First made in collaboration with Ceramica Suro, Guadalajara, Mexico for: Everything Must Go! at Casey Kaplan, NYC (June 30 – July 30, 2011) these objects were also a part of PALOMAR at Laure Genillard Gallery, London in 2016.
(Not)Turtles
In 2006 Hungarian mathematicians Gábor Domokos and Péter L. Várkonyi proved the possibility of “a convex three-dimensional homogeneous body which, when resting on a flat surface, has just one stable and one unstable point of equilibrium.” They named such forms Gömböc, after a sweet Hungarian dumpling. Gömböc are self-righting: they will roll as if possessed before coming to rest on one precise point.

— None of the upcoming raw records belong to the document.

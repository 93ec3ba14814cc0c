//! Pools of addresses.

use crate::copies::{both, copied};
use crate::selector::SelectorTexts;
use kube_labels::{Labels, Text, TextList};
use mlb_base::{NoMemory, TryCopy};

/// A MetalLB IPAddressPool.
pub struct Pool {
    pub name: Text,
    pub labels: Labels,
    /// `spec.addresses`: prefixes and ranges of addresses.
    pub entries: TextList,
    /// `spec.autoAssign`: whether services get addresses from it that don't ask for it.
    pub auto_assign: bool,
    /// `spec.avoidBuggyIPs`: whether IPv4 addresses that end in 0 or 255 are left out.
    pub avoid_buggy: bool,
    /// `spec.serviceAllocation`.
    pub allocation: Option<Allocation>,
}

impl Drop for Pool {
    fn drop(self) {
        let Pool {
            name: _,
            labels: _,
            entries: _,
            auto_assign: _,
            avoid_buggy: _,
            allocation: _,
        } = self;
    }
}

/// Which services a pool serves, and when its turn comes.
pub struct Allocation {
    /// From 1, the least first; 0 comes last. At most 2147483647.
    pub priority: u32,
    pub namespaces: TextList,
    pub namespace_selectors: SelectorTexts,
    pub service_selectors: SelectorTexts,
}

impl Drop for Allocation {
    fn drop(self) {
        let Allocation {
            priority: _,
            namespaces: _,
            namespace_selectors: _,
            service_selectors: _,
        } = self;
    }
}

impl TryCopy for Allocation {
    fn copy(&self) -> Result<Allocation, NoMemory> {
        let selectors = copied(&self.namespace_selectors, &self.service_selectors);
        let (namespaces, selectors) = both(self.namespaces.copy(), selectors)?;
        let (namespace_selectors, service_selectors) = selectors;
        Ok(Allocation {
            priority: self.priority,
            namespaces,
            namespace_selectors,
            service_selectors,
        })
    }
}

impl TryCopy for Pool {
    fn copy(&self) -> Result<Pool, NoMemory> {
        let names = copied(&self.name, &self.labels);
        let given = copied(&self.entries, &self.allocation);
        let ((name, labels), (entries, allocation)) = both(names, given)?;
        Ok(Pool {
            name,
            labels,
            entries,
            auto_assign: self.auto_assign,
            avoid_buggy: self.avoid_buggy,
            allocation,
        })
    }
}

In 2007 the same mathematicians authored a paper examining the surprising similarity between Gömböc and certain turtle species. By providing turtles with a shaped shell that allows them to avoid the certain death that finding themselves on their backs would portend, evolution had anticipated the Gömböc by millennia.

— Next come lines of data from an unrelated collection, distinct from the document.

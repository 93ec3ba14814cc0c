//! A list that only grows, which stands in proofs alone. What threads carry are beginnings of it:
//! of any two of these one begins the other.
//!
//! It has one owner, who adds entries. A beginning is a number when it runs; that its entries are
//! the list's is known by a rule over the number of all entries, of which the owner has the word.
//!
//! The appended events are a list that only grows, whose number stands in a word; a token is a
//! beginning of it. Of any two tokens of one board one begins the other, as their lengths say, so
//! `learn` and the comparison of two tokens take no memory and have no condition. A type parameter
//! names the board and the class of its view; `left_right` alone couldn't say that what a reader
//! sees later begins with what it saw before.
#![tactic(auto)]

mod beginning;
mod grower;
mod rule;

pub use beginning::Beginning;
pub use grower::{Grower, Opened};
pub use rule::Naming;
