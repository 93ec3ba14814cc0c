//! The options of a solicitation.
ghost use Rattle.std.specs.Prelude.{◌≡◌, ◌==◌, if◌then◌else◌, length, Some, None};
ghost use Rattle.std.specs.Option.{option_map};
ghost use Rattle.neigh_frames.specs.Options.{options_of, sender_in, with_option};

/// What the options of a message say of its sender.
#[derive(Clone, Copy)]
pub(crate) struct Sender {
    /// Whether some option states a link-layer address.
    pub stated: bool,
    /// The first Ethernet address that is stated.
    pub hardware: Option<[u8; 6]>,
}

/// What the options say, or `None` where they aren't whole: one has the length 0, or the last
/// doesn't end where the bytes end.
pub(crate) fn sender_of(bytes: &[u8]) -> Option<Sender>
    ensures { result ≡ option_map sender_in (options_of bytes.now) }
{
    let mut sender = Sender {
        stated: false,
        hardware: None,
    };
    let mut rest = bytes;
    while let [kind, units, body @ ..] = rest {
        let size = *units as usize * 8;
        if size == 0 || body.len() < size - 2 {
            return None;
        }
        sender = with_option(sender, *kind, &body[..size - 2]);
        rest = &body[size - 2..];
    }
    if !rest.is_empty() {
        return None;
    }
    Some(sender)
}

/// What was said, and then one option more.
fn with_option(sender: Sender, kind: u8, body: &[u8]) -> Sender
    ensures { result ≡ with_option sender kind body.now }
{
    if kind != 1 {
        return sender;
    }
    Sender {
        stated: true,
        hardware: sender.hardware.or(six(body)),
    }
}

/// The bytes, where they are six.
fn six(bytes: &[u8]) -> Option<[u8; 6]>
    ensures { result ≡ (if length bytes.now == 6 then Some bytes.now else None) }
{
    if bytes.len() != 6 {
        return None;
    }
    let mut six = [0; 6];
    six.copy_from_slice(bytes);
    Some(six)
}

Later that year the Gömböc-Shop.com was launched, offering authentic forms for purchase. Only proof that Gömböc exist has been published, not the precise geometry that allows them to be produced.
Domokos and Várkonyi had discovered not only the solution to an abstract mathematical puzzle and an insight into a natural form, but also the answer to an age-old artistic question. Namely, how do you make three-dimensional multiples for which each object can only be displayed a single way?
While not being turtles, (Not)Turtles are certainly not Gömböc.